--- Your instructions ---
Please repeat the lines below exactly. Begin with the line containing "rule: &Rule) -> bool" and go on through the line containing "#[tactic(auto, using(crate::proofs::Suited::clean_is))]".

(Records excerpted from a collection)
┄┄┄┄┄┄┄┄┄┄┄┄┄┄┄┄┄┄┄┄
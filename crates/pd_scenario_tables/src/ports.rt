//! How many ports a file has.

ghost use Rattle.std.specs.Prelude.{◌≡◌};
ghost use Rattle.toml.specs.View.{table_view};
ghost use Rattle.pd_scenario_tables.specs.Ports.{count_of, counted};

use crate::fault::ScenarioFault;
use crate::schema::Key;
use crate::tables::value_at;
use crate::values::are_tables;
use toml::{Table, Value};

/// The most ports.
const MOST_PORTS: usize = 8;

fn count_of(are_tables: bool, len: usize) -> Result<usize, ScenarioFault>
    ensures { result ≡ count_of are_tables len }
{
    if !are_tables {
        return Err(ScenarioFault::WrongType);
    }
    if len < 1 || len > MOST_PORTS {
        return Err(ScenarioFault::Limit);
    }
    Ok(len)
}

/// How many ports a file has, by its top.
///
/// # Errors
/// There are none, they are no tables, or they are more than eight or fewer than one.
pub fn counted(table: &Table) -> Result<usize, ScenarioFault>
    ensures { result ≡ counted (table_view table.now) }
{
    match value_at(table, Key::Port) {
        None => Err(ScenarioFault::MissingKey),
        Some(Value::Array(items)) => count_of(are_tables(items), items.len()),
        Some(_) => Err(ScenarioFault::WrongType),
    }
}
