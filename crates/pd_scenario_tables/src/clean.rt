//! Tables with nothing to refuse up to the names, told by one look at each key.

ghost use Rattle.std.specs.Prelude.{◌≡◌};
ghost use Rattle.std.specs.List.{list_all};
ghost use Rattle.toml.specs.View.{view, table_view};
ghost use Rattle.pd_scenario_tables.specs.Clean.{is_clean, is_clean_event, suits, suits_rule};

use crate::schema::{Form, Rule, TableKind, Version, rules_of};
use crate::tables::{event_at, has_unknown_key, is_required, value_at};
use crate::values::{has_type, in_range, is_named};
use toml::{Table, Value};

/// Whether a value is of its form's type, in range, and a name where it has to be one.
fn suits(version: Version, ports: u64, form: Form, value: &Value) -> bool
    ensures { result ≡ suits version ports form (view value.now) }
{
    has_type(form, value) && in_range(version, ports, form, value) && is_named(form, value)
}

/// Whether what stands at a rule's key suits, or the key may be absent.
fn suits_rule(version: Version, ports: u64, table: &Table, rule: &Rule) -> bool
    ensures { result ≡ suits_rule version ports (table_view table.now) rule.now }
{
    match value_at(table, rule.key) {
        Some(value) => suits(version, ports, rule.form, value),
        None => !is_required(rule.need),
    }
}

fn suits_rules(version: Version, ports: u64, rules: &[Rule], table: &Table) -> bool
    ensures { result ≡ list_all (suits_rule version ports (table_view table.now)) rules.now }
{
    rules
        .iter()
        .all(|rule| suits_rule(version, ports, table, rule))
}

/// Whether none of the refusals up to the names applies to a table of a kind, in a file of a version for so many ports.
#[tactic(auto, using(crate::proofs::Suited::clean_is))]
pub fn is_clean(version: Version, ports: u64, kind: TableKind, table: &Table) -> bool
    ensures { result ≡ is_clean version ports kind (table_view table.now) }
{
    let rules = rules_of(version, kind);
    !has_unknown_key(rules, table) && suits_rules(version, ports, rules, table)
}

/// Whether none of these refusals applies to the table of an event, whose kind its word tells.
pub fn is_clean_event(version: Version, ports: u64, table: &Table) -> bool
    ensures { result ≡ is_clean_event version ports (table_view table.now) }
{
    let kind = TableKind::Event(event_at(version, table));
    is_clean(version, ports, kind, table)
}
┄┄┄┄┄┄┄┄┄┄┄┄┄┄┄┄┄┄┄┄
--- Answer to the problem ---
fn suits_rule(version: Version, ports: u64, table: &Table, rule: &Rule) -> bool
    ensures { result ≡ suits_rule version ports (table_view table.now) rule.now }
{
    match value_at(table, rule.key) {
        Some(value) => suits(version, ports, rule.form, value),
        None => !is_required(rule.need),
    }
}

fn suits_rules(version: Version, ports: u64, rules: &[Rule], table: &Table) -> bool
    ensures { result ≡ list_all (suits_rule version ports (table_view table.now)) rules.now }
{
    rules
        .iter()
        .all(|rule| suits_rule(version, ports, table, rule))
}

/// Whether none of the refusals up to the names applies to a table of a kind, in a file of a version for so many ports.
#[tactic(auto, using(crate::proofs::Suited::clean_is))]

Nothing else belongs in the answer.